# YOUR ASSIGNMENT:
The answer is a stretch of the material below, returned exactly: the line containing "pub struct Room", the line containing "fn is_busy(flat: &Task, at: Moment, entry: Option<usize>)", and all lines between.

---------- PROVIDED DATA ----------

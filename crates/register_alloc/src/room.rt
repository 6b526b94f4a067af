//! The state of the allocator: registers, slots and the code so far.

ghost use Rattle.std.specs.Prelude.{◌≡◌, ℕ, suc, ◌+◌, ◌-◌, ◌<◌, ◌≤◌, ◌==◌, ◌&&◌, length, IfSome, IfNone, IfOk, OnOk, Some, None, true, false, List, Option};
ghost use Rattle.flat_code.specs.Entries.{node_at};
ghost use Rattle.flat_code.specs.Tidy.{IsNormal};
ghost use Rattle.reg_machine.specs.Flow.{loads_of};
ghost use Rattle.register_alloc.specs.Width.{reads, width_of, reads_by, one_if};
ghost use Rattle.register_alloc.specs.inner.Tables.{look, is_live, is_busy};
ghost use Rattle.register_alloc.specs.inner.Valid.{IsValid};
ghost use Rattle.register_alloc.specs.inner.Sound.{IsSound, IsSoundWith, live_at, AllBusy, IsKept, IsSpare, IsSettled, IsShort};
ghost use Rattle.register_alloc.specs.inner.Sound.{HasSources, instr_of, given_before, nodes_read, count_given};

use crate::clear::clear_arguments;
use crate::moment::Moment;
use crate::slots::Slots;
use crate::sources::{Sources, instr_of, other_than};
use crate::table::find;
use crate::task::Task;
use flat_code::Node;
use m_fixed::arity;
use reg_machine::{CodeBuilder, Instr, REGISTERS};
use std::alloc::AllocError;

/// The code so far, and the node that each register and each slot holds.
#[derive(Drop)]
pub struct Room {
    pub code: CodeBuilder,
    pub registers: [Option<usize>; REGISTERS as usize],
    pub slots: Slots,
}

/// Whether an entry is a live node.
fn is_busy(flat: &Task, at: Moment, entry: Option<usize>) -> bool
    requires { at.made ≤ length flat.now.nodes }
    ensures { result ≡ is_busy (live_at flat.now at) entry }
{
    match entry {
        Some(x) => flat.is_live(at, x),
        None => false,
    }
}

----------

# RESULT:
pub struct Room {
    pub code: CodeBuilder,
    pub registers: [Option<usize>; REGISTERS as usize],
    pub slots: Slots,
}

/// Whether an entry is a live node.
fn is_busy(flat: &Task, at: Moment, entry: Option<usize>) -> bool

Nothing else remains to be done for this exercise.